I'm more than happy to post my fix and or solution.  I've documented it.


----------



## dvl@ (Nov 26, 2016)

andrewm659 said:


> I'm more than happy to post my fix and or solution.  I've documented it.



Please post.  I've solved my issue now, but others will follow.


----------



## andrewm659 (Dec 7, 2016)

dvl@ said:


> Please post.  I've solved my issue now, but others will follow.


Will do.  Sorry, been busy.  But I'll clean up the instructions.


----------



## Oko (Dec 7, 2016)

I have being running ViewVC in production for several years of OpenBSD 5.5 (didn't bother to upgrade as I was hopping to kill CVS and SVN in favor of Git/Gogs). OpenBSD was using build in version of Apache 1.3. This is fully functional httpd.conf  file which I started using after realizing that ViewVC is shipped with build in Pyhton web server which suffers from memory leak (we were able to crash it at will). It was not very difficult and there are multiple ways to use ViewVC with Apache I forgot what made me do this particular way.

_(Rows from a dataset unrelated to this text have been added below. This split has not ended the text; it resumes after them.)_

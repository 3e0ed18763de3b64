//! The names of instructions: rows of the instruction table, which `rv_text` names, and what assemblers write beside.

ghost use Rattle.std.specs.Prelude.{◌≡◌, IfNone, IfSome};
ghost use Rattle.rv_text.specs.declared.mnemonic.{Mnemonic.Mnemonic as AnyRow};
ghost use Rattle.litmus_words.specs.declared.mnemonic.Mnemonic.{Mnemonic as AnyMnemonic};
ghost use Rattle.litmus_words.specs.Mnemonics.{
  HasDotBetween,
  IsNamed,
  IsOtherBranch,
  IsOtherName,
  IsOfRow,
  IsRowNamed,
  is_taken,
};

use rv_instr::{BranchOp, Ordering};
use rv_text::{Mnemonic as Row, atomic_named};

/// What an instruction does, as its name says.
#[derive(Clone, Copy, Drop)]
pub enum Mnemonic {
    /// A row of the instruction table whose operands are registers and numbers.
    Row(Row),
    /// Of two registers, to a label.
    Branch(BranchOp),
    /// The same of the second register and the first: `bgt`, `ble`, `bgtu`, `bleu`.
    SwappedBranch(BranchOp),
    /// With two sets of accesses, or none.
    Fence,
    /// `li`.
    Constant,
    /// `la`.
    LoadAddress,
    /// `mv`.
    Move,
    /// `nop`.
    Nothing,
    /// Of one register and 0: `beqz`, `bnez`, `bltz`, `bgez`.
    BranchZero(BranchOp),
    /// Of 0 and one register: `bgtz`, `blez`.
    ZeroBranch(BranchOp),
    /// `j`.
    Jump,
    /// `jal`, of a link register and a label.
    JumpAndLink,
    /// `fence.tso`, which has no operands.
    TotalStoreOrderFence,
}

/// The instruction of this name.
pub fn mnemonic_named(name: &str) -> Option<Mnemonic>
    ensures found { IfSome result (IsNamed name.now) }
    ensures none { IfNone result ((mnemonic : AnyMnemonic) → IsNamed name.now mnemonic → ⊥) }
{
    if let Some(mnemonic) = pseudo_named(name) {
        return Some(mnemonic);
    }
    if let Some(mnemonic) = branch_named(name) {
        return Some(mnemonic);
    }
    match row_named(name) {
        Some(row) => of_row(row),
        None => None,
    }
}

/// Of the names that no row has.
fn pseudo_named(name: &str) -> Option<Mnemonic>
    ensures found { IfSome result (IsOtherName name.now) }
    ensures none { IfNone result ((mnemonic : AnyMnemonic) → IsOtherName name.now mnemonic → ⊥) }
{
    Some(match name {
        "li" => Mnemonic::Constant,
        "la" => Mnemonic::LoadAddress,
        "mv" => Mnemonic::Move,
        "nop" => Mnemonic::Nothing,
        "j" => Mnemonic::Jump,
        "fence.tso" => Mnemonic::TotalStoreOrderFence,
        _ => return None,
    })
}

/// Of the branches that no row has.
fn branch_named(name: &str) -> Option<Mnemonic>
    ensures found { IfSome result (IsOtherBranch name.now) }
    ensures none { IfNone result ((mnemonic : AnyMnemonic) → IsOtherBranch name.now mnemonic → ⊥) }
{
    Some(match name {
        "beqz" => Mnemonic::BranchZero(BranchOp::Beq),
        "bnez" => Mnemonic::BranchZero(BranchOp::Bne),
        "bltz" => Mnemonic::BranchZero(BranchOp::Blt),
        "bgez" => Mnemonic::BranchZero(BranchOp::Bge),
        "bgtz" => Mnemonic::ZeroBranch(BranchOp::Blt),
        "blez" => Mnemonic::ZeroBranch(BranchOp::Bge),
        "bgt" => Mnemonic::SwappedBranch(BranchOp::Blt),
        "ble" => Mnemonic::SwappedBranch(BranchOp::Bge),
        "bgtu" => Mnemonic::SwappedBranch(BranchOp::Bltu),
        "bleu" => Mnemonic::SwappedBranch(BranchOp::Bgeu),
        _ => return None,
    })
}

/// The row of this name.
fn row_named(name: &str) -> Option<Row>
    ensures found { IfSome result (IsRowNamed name.now) }
    ensures none { IfNone result ((row : AnyRow) → IsRowNamed name.now row → ⊥) }
{
    if let Some(row) = rv_text::mnemonic_named(name) {
        return Some(row);
    }
    dotted_named(name)
}

/// The atomic of this name, in which both ordering bits stand with a dot between.
fn dotted_named(name: &str) -> Option<Row>
    ensures found { IfSome result (HasDotBetween name.now) }
    ensures none { IfNone result ((row : AnyRow) → HasDotBetween name.now row → ⊥) }
{
    let Some((stem, bits)) = name.split_once('.') else {
        return None;
    };
    if bits != "w.aq.rl" {
        return None;
    }
    match atomic_named(stem) {
        Some(op) => Some(Row::Atomic(op, Ordering { aq: true, rl: true })),
        None => None,
    }
}

/// What a row is in a litmus test, if it is of the subset.
fn of_row(row: Row) -> Option<Mnemonic>
    ensures found { IfSome result (IsOfRow row) }
    ensures none { IfNone result ((mnemonic : AnyMnemonic) → IsOfRow row mnemonic → ⊥) }
{
    match row {
        Row::Branch(op) => Some(Mnemonic::Branch(op)),
        Row::Fence => Some(Mnemonic::Fence),
        Row::Jal => Some(Mnemonic::JumpAndLink),
        _ => {
            if is_taken(row) {
                return Some(Mnemonic::Row(row));
            }
            None
        }
    }
}

/// Whether the operands of a row are registers and numbers, and the hart goes on behind it wherever it stands.
fn is_taken(row: Row) -> bool
    ensures { result ≡ is_taken row }
{
    match row {
        Row::Lui
        | Row::Load(_)
        | Row::Store(_)
        | Row::Immediate(_)
        | Row::Shift(_)
        | Row::Register(_)
        | Row::MulDiv(_)
        | Row::Atomic(..) => true,
        Row::Auipc
        | Row::Jal
        | Row::Jalr
        | Row::Branch(_)
        | Row::Fence
        | Row::InstructionFence
        | Row::Ecall
        | Row::Ebreak => false,
    }
}
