//! Where a byte stands outside of parentheses and quotation marks.

ghost use Rattle.std.specs.Prelude.{◌≡◌, ◌<◌, ◌≤◌, ◌+◌, ◌^◌, length, IfSome};
ghost use Rattle.outcome_queries.specs.Outer.{outer_place, stands_at, behind};

/// What a place in a text stands in.
#[derive(Clone, Copy, Drop)]
pub(crate) struct Inside {
    /// Whether it stands in quotation marks.
    pub is_quoted: bool,
    /// In how many parentheses it stands.
    pub depth: usize,
}

/// Where the byte first stands outside of parentheses and quotation marks.
pub(crate) fn outer_place(text: &[u8], wanted: u8) -> Option<usize>
    ensures place { result ≡ outer_place wanted text.now }
    ensures inside { IfSome result (λ place. place < length text.now) }
{
    let mut inside = Inside {
        is_quoted: false,
        depth: 0,
    };
    for (index, byte) in text.iter().enumerate() {
        if stands_at(inside, *byte, wanted) {
            return Some(index);
        }
        inside = behind(inside, *byte);
    }
    None
}

/// Whether a byte is the wanted one, and nothing is around it.
fn stands_at(inside: Inside, byte: u8, wanted: u8) -> bool
    ensures { result ≡ stands_at inside wanted byte }
{
    byte == wanted && !inside.is_quoted && inside.depth == 0
}

/// What stands around what is behind a byte. A parenthesis that closes none is passed over.
fn behind(inside: Inside, byte: u8) -> Inside
    requires { inside.depth < 2 ^ 63 }
    ensures said { result ≡ behind inside byte }
    ensures deeper { result.depth ≤ inside.depth + 1 }
{
    let Inside { is_quoted, depth } = inside;
    match byte {
        b'\'' => Inside {
            is_quoted: !is_quoted,
            depth,
        },
        b'(' if !is_quoted => Inside {
            is_quoted,
            depth: depth + 1,
        },
        b')' if !is_quoted => Inside {
            is_quoted,
            depth: depth.saturating_sub(1),
        },
        _ => inside,
    }
}
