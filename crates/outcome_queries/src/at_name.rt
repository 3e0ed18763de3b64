//! The bytes of memory that a place by a name is.

ghost use Rattle.std.specs.Prelude.{◌≡◌, ◌^◌, ◌<◌, IfOk, IfErr};
ghost use Rattle.symbols.specs.Tables.{table_of};
ghost use Rattle.outcome_queries.specs.AtName.{IsAt, IsNowhere, distance, is_inside, own_width, width_of};

use crate::placed::{Behind, Placed};
use crate::refused::Expected;
use symbols::{Meaning, Symbol, Symbols, meaning_of};
use watched_outcomes::{WatchedBytes, Width};

/// The bytes that are looked at in a place by a name: as many as it says; else as many as its object has, where that
/// are 1, 2 or 4; else 4. They lie inside of the object, where its size is known.
///
/// Refused are a name that no symbol has (`Name`), one that stands for several addresses (`OneAddress`), and bytes that
/// reach out of their object or lie behind all addresses (`Inside`).
pub(crate) fn bytes_at(placed: &Placed<'_>, names: &Symbols<'_>) -> Result<WatchedBytes, Expected>
    ensures found { IfOk result (IsAt (table_of names.now) placed.now) }
    ensures refused { IfErr result (IsNowhere (table_of names.now) placed.now) }
{
    let symbol = match meaning_of(names, &placed.name) {
        Meaning::One(symbol) => symbol,
        Meaning::Several => return Err(Expected::OneAddress),
        Meaning::Nothing => return Err(Expected::Name),
    };
    let width = width_of(placed, &symbol);
    let distance = distance_of(placed.behind, width);
    let address = u64::from(symbol.address) + distance;
    if !is_inside(&symbol, distance, width) || address > u64::from(u32::MAX) {
        return Err(Expected::Inside);
    }
    Ok(WatchedBytes {
        address: address as u32,
        width,
    })
}

fn width_of(placed: &Placed<'_>, symbol: &Symbol) -> Width
    ensures { result ≡ width_of placed.now symbol.now }
{
    match placed.width {
        Some(width) => width,
        None => own_width(symbol),
    }
}

fn own_width(symbol: &Symbol) -> Width
    ensures { result ≡ own_width symbol.now }
{
    match symbol.size {
        1 => Width::Byte,
        2 => Width::Half,
        _ => Width::Word,
    }
}

/// How many bytes behind the start of its symbol a place is.
fn distance_of(behind: Behind, width: Width) -> u64
    ensures distance { result ≡ distance behind width }
    ensures small { result < 2 ^ 34 }
{
    match behind {
        Behind::Element(index) => u64::from(index) * u64::from(width.bytes()),
        Behind::Bytes(bytes) => u64::from(bytes),
    }
}

/// Whether bytes so far behind the start of a symbol are its own; of one without a size all are.
fn is_inside(symbol: &Symbol, distance: u64, width: Width) -> bool
    requires { distance < 2 ^ 34 }
    ensures { result ≡ is_inside symbol.now distance width }
{
    symbol.size == 0 || distance + u64::from(width.bytes()) <= u64::from(symbol.size)
}
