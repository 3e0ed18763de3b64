//! Words cut at a mark.

ghost use Rattle.std.specs.Prelude.{◌≡◌, ◌+◌, ◌≤◌, ◌<◌, length};
ghost use Rattle.std.specs.Prelude.{slice_get, take, Some};
ghost use Rattle.litmus_words.specs.Cuts.{IsCut, LacksMark};
ghost use Rattle.litmus_words.specs.declared.word.Word.{Word as AnyWord};
ghost use Rattle.litmus_words.specs.declared.word.Token.TheVariants as token;

use crate::word::{Mark, Word, is_mark};

/// The words before the first such mark, and those behind it: all, and none, where there is none.
pub fn cut(words: &[Word], mark: Mark) -> (&[Word], &[Word])
    ensures cut { IsCut words.now mark result.0.now result.1.now }
    ensures first { LacksMark mark result.0.now }
    ensures shorter { 0 < length words.now → length result.1.now < length words.now }
    ensures within { length result.0.now ≤ length words.now }
{
    let place = place_of(words, mark);
    if place == words.len() {
        return (words, &[]);
    }
    (&words[..place], &words[place + 1..])
}

/// The index of the first such mark, or how many words there are.
fn place_of(words: &[Word], mark: Mark) -> usize
    ensures inside { result ≤ length words.now }
    ensures mark { (word : AnyWord) → slice_get words.now result ≡ Some word
        → word.token ≡ token.Mark mark }
    ensures first { LacksMark mark (take result words.now) }
{
    for place in 0..words.len() {
        if is_mark(words[place], mark) {
            return place;
        }
    }
    words.len()
}
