//! A term, cut at the sign of its relation.

ghost use Rattle.std.specs.Prelude.{◌≡◌, ◌++◌, IfSome, IfNone, None, false, Some};
ghost use Rattle.outcome_queries.specs.Relations.{sign};
ghost use Rattle.outcome_queries.specs.Signs.{IsFirstSign, IsMarkCut, mark};
ghost use Rattle.outcome_queries.specs.Quoted.{place_outside};

use crate::quoted::split_outside;
use crate::relation::Relation;

/// What stands before the sign of a term, its relation, and what stands behind the sign.
#[derive(Clone, Copy, Drop)]
pub(crate) struct Cut<'a> {
    pub left: &'a [u8],
    pub relation: Relation,
    pub right: &'a [u8],
}

/// Cuts a text at the first `=` outside of quotation marks, and what stands right before it; else at the first `<`.
pub(crate) fn cut_term(text: &[u8]) -> Option<Cut<'_>>
    ensures whole { IfSome result (λ cut. text.now ≡ cut.left.now ++ (sign cut.relation ++ cut.right.now)) }
    ensures first { IfSome result (λ cut. IsFirstSign cut.relation cut.left.now text.now) }
    ensures none { IfNone result (place_outside false 61 text.now ≡ None) }
    ensures no_below { IfNone result (place_outside false 60 text.now ≡ None) }
{
    if let Some((before, right)) = split_outside(text, b'=') {
        let (left, relation) = cut_mark(before);
        return Some(Cut {
            left,
            relation,
            right,
        });
    }
    match split_outside(text, b'<') {
        Some((left, right)) => Some(Cut {
            left,
            relation: Relation::Below,
            right,
        }),
        None => None,
    }
}

/// What stands before the equals sign, without the `!` or `>` that makes it another sign.
fn cut_mark(before: &[u8]) -> (&[u8], Relation)
    ensures { IsMarkCut before.now result.0.now result.1 }
{
    match before {
        [left @ .., b'!'] => (left, Relation::Other),
        [left @ .., b'>'] => (left, Relation::AtLeast),
        _ => (before, Relation::Equal),
    }
}
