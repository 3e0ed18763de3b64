//! What is asked of all outcomes.

use crate::condition::Condition;

/// A question about all outcomes.
#[derive(Drop)]
pub enum Question<'a> {
    /// Is there one of which the condition holds?
    Exists(Condition<'a>),
    /// Does it hold of each?
    ForAll(Condition<'a>),
    /// Does it hold of none?
    Never(Condition<'a>),
    /// Can each state go on to an end?
    NeverStuck,
}

/// What is answered.
#[derive(Clone, Copy, Debug, PartialEq, Eq, Drop)]
pub enum Answer {
    /// It is so.
    Yes,
    /// It isn't.
    No,
    /// What was found doesn't tell: not all was looked at.
    Unknown,
}
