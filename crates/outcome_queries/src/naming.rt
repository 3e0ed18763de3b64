//! The name that a text begins with.

ghost use Rattle.std.specs.Prelude.{◌≡◌, IfSome, IfNone};
ghost use Rattle.symbols.specs.declared.meanings.Name.{Name as AnyName};
ghost use Rattle.outcome_queries.specs.Quoted.{field_outside};
ghost use Rattle.outcome_queries.specs.Naming.{AsksName};

use crate::placed::read_placed;
use crate::quoted::split_outside;
use crate::term::trimmed;
use symbols::Name;

/// The name in the first part of a list or of a condition, as far as that is a place by a name.
pub fn name_asked(text: &[u8]) -> Option<Name<'_>>
    ensures found { IfSome result (AsksName text.now) }
    ensures none { IfNone result ((name : AnyName) → AsksName text.now name → ⊥) }
{
    let listed = before(text, b',');
    let joined = before(listed, b'&');
    let equals = before(joined, b'=');
    let below = before(equals, b'<');
    let least = before(below, b'>');
    let left = before(least, b'!');
    let placed = read_placed(trimmed(left))?;
    Some(placed.name)
}

/// What stands before a byte outside of quotation marks, or all of the text.
fn before(text: &[u8], separator: u8) -> &[u8]
    ensures { result.now ≡ field_outside separator text.now }
{
    match split_outside(text, separator) {
        Some((first, _)) => first,
        None => text,
    }
}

http://www.cs.cmu.edu/afs/cs/user/predragp/www/httpd.conf

Note that I never got server to work as chroot so I used so called insecure mode (in OpenBSD lingo) which is not the problem for FreeBSD. I am guessing one would have to be careful with the configuration file as configuration options have changed between 1.xxx and 2.xxx version of Apache but it will give you a good start.


----------



## andrewm659 (Dec 12, 2016)

Here are the instructions I put together.  Let me know if you run into problems.

Hope this helps!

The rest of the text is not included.